Git sucks, but it sucks a lot less than everything else. But we need to go back to basics and understand what version control is actually for.
This is a feature, and a crucial one. No one would include fifty lines of explanation if everyone had to see it. It would be better to throw the information away than to inflict it on everyone who was scanning through the commit history looking for a particular change.
Yet it is valuable information that only makes sense in the context of that change. There is nothing in the corrected version you can connect to the issue that was fixed. It's obnoxious to include comments about errors that have been removed, like this:
(This is ridiculous, but not unrealistic. I've seen code comments that said things like "# removed syntax error in invocation of query generator." This is what you get from programmers trying to juice their LOC stats.)The commit message is the right place for this kind of information, but most people reading the commit messages don't care. They're scanning through looking for something else, and all they need is a few words that tell them if this is the commit they're looking for. The person who needs to see the full story is the person who is interested in this change in particular. Maybe they found it by grepping the git log for "invalid byte sequence". Maybe they found it because they're looking at all the changes in that file, because some tooling that occasional modifies that file keeps messing it up. What matters is that if they have a special interest in that change, they have a way to see whatever information they committer felt was worth preserving, and the committer has a place to put that information where only someone with a special interest will see it.
This sounds like an excellent sales pitch to use email based good workflows such as those advocated for by Drew DeVault[1].

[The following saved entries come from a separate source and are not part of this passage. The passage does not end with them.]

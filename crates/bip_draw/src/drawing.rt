//! The drawing of a model in the language of Graphviz.
ghost use Rattle.std.specs.Prelude.{◌≡◌, ◌<◌, ◌++◌, ◌==◌, ◌&&◌, [], All, IfOk, OnOk, length};
ghost use Rattle.std.specs.Prelude.{if◌then◌else◌};
ghost use Rattle.std.specs.List.{flat_map, list_any, range_with_len};
ghost use Rattle.bip_model.specs.Partitions.{AreClassesOf};
ghost use Rattle.bip_model.specs.Parts.{IsComponent, IsInteraction, IsTransitionOf, Participant};
ghost use Rattle.bip_draw.specs.Drawing.{are_parallel, arrow, box_of, box_text, class_text};
ghost use Rattle.bip_draw.specs.Drawing.{cluster_front, cluster_text, clusters_text, dashed};
ghost use Rattle.bip_draw.specs.Drawing.{drawing_of, edge_text, ellipse_front, ends_text};
ghost use Rattle.bip_draw.specs.Drawing.{firsts_of, front_text, gap_text, has_clauses, head_text};
ghost use Rattle.bip_draw.specs.Drawing.{interaction_node, label_end, label_front, label_text};
ghost use Rattle.bip_draw.specs.Drawing.{legend_front, legend_text, location_text, longest_line};
ghost use Rattle.bip_draw.specs.Drawing.{no_arrow, node_text, nodes_text, parallel_to, part_node};
ghost use Rattle.bip_draw.specs.Drawing.{participant_text, port_text, priority_text, start_text};
ghost use Rattle.bip_draw.specs.Drawing.{transition_text, two_borders, variable_text, width_end};
ghost use Rattle.bip_draw.specs.Drawing.{width_front, width_text};

use crate::clauses::{write_clauses, write_mark};
use crate::escaping::write_number;
use crate::hues::{class_of, hue_of};
use bip_model::{
    Classes, CompId, Component, InterId, Interaction, LocId, Model, Name, Pair, PortId, Transition,
};
use bip_reader::Speller;
use std::alloc::{AllocError, Global};

/// The drawing of a model and its classes in the language of Graphviz: a cluster for each component
/// with its locations and ports, and an edge with all transitions from a location to another or to
/// itself; a box for each interaction with an edge to each of its ports, a dashed edge for each
/// priority, a box for each class with its colour. Each declared thing is drawn once (docs/DRAW.md,
/// "Drawings").
pub fn draw_model(alloc: Global, model: &Model, classes: &Classes) -> Result<Vec<u8>, AllocError>
    requires { AreClassesOf model.now classes.now }
    ensures { IfOk result (λ text. text.items ≡ drawing_of model.now classes.now) }
{
    let mut text = Vec::new(alloc);
    write_front(&mut text)?;
    write_components(&mut text, model)?;
    write_classes(&mut text, classes)?;
    write_interactions(&mut text, model, classes)?;
    write_priorities(&mut text, model.priorities())?;
    text.extend_from_slice(b"}\n")?;
    Ok(text)
}
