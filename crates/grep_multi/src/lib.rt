//! Inputs that are held whole, and the blocks of lines that matches take in them.
#![tactic(auto)]

mod blocks;
mod cut;
mod held;

pub use blocks::{Block, Search};
pub use cut::{LineStart, Reach, line_at};
pub use grep_match::{MatchList, Mode, Patterns, Place, Verdict, Workspace, line_end, mode_of};
pub use held::{Held, HoldError, Text, hold};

1: https://git-send-email.io/
One tool that I think promotes commit messages like the OP is magit in Emacs. Before using magit, I always used `git commit -m '...'` and didn't realize that commit messages could be longer than a line.
I agree that this is a tooling problem, but magit is a breath of fresh air in many ways (including verbose commit messages).
The good way to browse git blame a read commit messages is to use Magit. It is also great at letting you seamlessly rebase/split/merge long patch series.
Author of nit, here. I tried to move the landscape towards semantic reasoning. It’s on github but kind of abandonware. Life and incompetency happened ;)
No shilling. I commented here because I still think my framework was decently thought out, and mostly that calling someone a nit or a git is exactly what linus was thinking. Make it easy enough for anyone to use.
Nit is something people could take as a thought experiment.
I completely agree that well-written git log messages are goldmines of information.
I wish makers of popular git forges had made it easier to create and consume this information.
Almost all my wiki pages start with piping git log messages into a text file.
Git logs are the entry point to good project documentation.
(edit: fix formatting)
I agree for the use case of scrolling through a git history, yes, but when I land at a certain commit, e.g. by hitting the blame label in IntelliJ on a line whise reason d‘change I‘m interested in, then I will totally read the whole commit message in the hope that it helps me understand the change (in addition to looking and trying-to-understand the change itself).
I feel like this explains a lot about why GitHub is so consistently hostile towards showing or writing decent commit messages.
Which has helped push people away from writing useful ones, on an unprecedented scale, which makes it a self-fulfilling prophecy.
Great.
Just great.
Just do a threaded conversation in a comment at the top of each file. Add your name and the date.